═════ PROVIDED RECORDS ═════
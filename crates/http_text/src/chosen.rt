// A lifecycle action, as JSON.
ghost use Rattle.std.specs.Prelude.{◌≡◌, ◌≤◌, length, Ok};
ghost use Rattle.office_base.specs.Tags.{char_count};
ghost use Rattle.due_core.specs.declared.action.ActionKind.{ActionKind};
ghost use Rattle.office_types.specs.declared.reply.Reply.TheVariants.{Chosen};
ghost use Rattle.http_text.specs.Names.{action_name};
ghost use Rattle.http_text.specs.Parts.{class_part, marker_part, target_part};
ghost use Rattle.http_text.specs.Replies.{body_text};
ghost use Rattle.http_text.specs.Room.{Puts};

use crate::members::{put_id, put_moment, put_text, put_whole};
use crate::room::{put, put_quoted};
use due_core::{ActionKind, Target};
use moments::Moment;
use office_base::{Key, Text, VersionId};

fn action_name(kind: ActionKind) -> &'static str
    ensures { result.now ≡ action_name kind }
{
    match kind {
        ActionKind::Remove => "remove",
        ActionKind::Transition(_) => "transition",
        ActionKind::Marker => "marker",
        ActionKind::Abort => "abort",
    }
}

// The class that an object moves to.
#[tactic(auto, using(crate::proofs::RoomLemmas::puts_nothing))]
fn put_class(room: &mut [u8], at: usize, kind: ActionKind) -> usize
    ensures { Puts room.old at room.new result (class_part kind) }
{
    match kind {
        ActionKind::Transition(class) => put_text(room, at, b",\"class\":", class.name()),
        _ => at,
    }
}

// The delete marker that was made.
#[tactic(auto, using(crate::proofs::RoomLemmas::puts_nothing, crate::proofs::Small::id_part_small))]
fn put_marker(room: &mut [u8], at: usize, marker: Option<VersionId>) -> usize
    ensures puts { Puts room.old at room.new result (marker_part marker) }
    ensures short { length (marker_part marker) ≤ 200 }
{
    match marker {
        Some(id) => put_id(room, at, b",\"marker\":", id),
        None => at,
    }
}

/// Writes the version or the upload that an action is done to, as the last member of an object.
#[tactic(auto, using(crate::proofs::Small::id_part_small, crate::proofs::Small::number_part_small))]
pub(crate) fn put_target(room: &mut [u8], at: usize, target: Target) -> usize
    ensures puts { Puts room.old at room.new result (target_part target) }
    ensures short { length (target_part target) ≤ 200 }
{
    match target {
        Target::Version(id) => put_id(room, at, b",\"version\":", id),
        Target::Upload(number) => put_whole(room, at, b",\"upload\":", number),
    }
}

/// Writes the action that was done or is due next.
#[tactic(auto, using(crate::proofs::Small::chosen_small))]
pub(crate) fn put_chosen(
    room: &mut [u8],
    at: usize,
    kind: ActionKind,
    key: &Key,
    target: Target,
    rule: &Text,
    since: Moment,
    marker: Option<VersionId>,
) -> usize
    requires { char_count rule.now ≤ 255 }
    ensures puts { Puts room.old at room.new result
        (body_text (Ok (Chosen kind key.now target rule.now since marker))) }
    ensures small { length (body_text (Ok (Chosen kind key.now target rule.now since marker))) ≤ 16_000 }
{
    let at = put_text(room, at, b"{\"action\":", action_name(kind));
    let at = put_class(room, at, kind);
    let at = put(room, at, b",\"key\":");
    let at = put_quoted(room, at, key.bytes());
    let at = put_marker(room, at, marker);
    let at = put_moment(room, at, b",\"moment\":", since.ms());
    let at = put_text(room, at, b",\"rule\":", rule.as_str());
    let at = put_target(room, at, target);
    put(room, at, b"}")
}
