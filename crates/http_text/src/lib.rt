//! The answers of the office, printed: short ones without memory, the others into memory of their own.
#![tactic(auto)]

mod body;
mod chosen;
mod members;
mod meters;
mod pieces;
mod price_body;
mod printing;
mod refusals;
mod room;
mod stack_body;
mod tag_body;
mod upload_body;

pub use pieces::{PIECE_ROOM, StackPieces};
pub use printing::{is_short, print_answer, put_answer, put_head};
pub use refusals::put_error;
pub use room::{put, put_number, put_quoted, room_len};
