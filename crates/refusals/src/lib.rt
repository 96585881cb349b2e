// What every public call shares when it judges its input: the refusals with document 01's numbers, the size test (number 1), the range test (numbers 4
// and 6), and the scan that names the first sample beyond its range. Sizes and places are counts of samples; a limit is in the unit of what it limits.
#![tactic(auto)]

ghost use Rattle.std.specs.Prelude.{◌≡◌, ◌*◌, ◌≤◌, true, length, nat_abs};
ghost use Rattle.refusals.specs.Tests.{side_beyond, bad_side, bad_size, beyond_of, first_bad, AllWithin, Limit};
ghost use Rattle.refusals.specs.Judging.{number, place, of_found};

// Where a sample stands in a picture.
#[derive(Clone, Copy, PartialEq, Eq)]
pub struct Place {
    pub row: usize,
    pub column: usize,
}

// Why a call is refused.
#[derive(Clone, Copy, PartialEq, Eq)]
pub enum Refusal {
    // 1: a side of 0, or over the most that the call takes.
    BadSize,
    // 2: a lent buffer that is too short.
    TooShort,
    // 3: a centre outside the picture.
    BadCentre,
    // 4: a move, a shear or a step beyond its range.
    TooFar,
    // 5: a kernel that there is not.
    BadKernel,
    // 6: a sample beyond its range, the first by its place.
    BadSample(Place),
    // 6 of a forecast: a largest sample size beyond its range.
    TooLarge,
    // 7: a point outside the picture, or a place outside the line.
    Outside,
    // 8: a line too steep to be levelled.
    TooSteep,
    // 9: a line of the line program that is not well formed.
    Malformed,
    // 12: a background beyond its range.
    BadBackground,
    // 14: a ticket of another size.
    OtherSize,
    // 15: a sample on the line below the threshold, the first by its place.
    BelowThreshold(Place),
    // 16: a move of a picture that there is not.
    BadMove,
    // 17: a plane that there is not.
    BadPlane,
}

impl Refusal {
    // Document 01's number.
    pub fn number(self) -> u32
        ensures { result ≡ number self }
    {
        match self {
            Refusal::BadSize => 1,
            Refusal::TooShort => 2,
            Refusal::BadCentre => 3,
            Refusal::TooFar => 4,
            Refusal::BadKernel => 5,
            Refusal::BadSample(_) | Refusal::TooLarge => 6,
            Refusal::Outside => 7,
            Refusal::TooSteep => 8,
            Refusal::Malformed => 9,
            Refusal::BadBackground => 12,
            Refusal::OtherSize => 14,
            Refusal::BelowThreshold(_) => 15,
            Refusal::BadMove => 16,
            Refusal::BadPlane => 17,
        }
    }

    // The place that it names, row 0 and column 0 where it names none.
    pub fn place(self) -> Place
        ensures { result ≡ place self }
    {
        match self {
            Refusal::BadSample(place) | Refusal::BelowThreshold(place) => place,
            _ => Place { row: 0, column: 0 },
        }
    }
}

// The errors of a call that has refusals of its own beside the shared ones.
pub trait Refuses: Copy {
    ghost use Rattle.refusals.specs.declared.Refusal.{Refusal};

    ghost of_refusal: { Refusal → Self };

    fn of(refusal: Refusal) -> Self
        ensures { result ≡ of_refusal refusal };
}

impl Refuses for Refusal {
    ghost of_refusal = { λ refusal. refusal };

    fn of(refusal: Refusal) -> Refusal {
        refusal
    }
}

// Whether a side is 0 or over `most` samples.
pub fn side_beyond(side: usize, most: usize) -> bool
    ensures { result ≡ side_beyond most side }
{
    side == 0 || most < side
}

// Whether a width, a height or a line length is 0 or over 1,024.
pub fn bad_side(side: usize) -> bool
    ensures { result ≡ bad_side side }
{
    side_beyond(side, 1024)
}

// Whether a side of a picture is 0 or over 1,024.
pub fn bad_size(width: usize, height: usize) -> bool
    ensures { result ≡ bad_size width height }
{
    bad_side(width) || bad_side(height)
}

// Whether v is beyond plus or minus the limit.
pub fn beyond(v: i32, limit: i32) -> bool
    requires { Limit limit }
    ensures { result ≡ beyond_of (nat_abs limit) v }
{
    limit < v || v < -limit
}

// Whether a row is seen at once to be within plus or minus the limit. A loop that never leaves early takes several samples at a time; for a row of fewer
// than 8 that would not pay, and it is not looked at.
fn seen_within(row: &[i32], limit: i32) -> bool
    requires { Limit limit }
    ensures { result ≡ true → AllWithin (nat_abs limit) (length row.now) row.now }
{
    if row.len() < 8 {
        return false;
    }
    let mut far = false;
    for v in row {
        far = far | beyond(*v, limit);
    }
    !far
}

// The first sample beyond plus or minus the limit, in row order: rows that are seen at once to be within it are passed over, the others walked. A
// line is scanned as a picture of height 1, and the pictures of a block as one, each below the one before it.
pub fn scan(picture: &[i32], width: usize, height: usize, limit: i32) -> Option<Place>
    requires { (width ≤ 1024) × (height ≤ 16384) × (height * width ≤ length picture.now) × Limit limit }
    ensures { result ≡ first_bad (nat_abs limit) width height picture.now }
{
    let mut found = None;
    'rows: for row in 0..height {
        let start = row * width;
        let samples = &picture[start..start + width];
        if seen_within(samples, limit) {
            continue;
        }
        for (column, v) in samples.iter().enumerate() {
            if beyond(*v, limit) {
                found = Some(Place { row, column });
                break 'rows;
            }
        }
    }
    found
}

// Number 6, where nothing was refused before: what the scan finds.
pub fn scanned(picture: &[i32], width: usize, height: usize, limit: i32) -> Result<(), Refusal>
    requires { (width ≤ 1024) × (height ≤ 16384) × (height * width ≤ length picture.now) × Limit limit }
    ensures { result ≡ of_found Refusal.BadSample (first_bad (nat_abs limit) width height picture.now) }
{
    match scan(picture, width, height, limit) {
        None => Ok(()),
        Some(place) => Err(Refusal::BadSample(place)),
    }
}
═════
## WHAT THE TASK REQUIRES
Search the records for the word "column" and copy out every line that holds it.

## ANSWER AREA
    pub column: usize,
    // The place that it names, row 0 and column 0 where it names none.
            _ => Place { row: 0, column: 0 },
        for (column, v) in samples.iter().enumerate() {
                found = Some(Place { row, column });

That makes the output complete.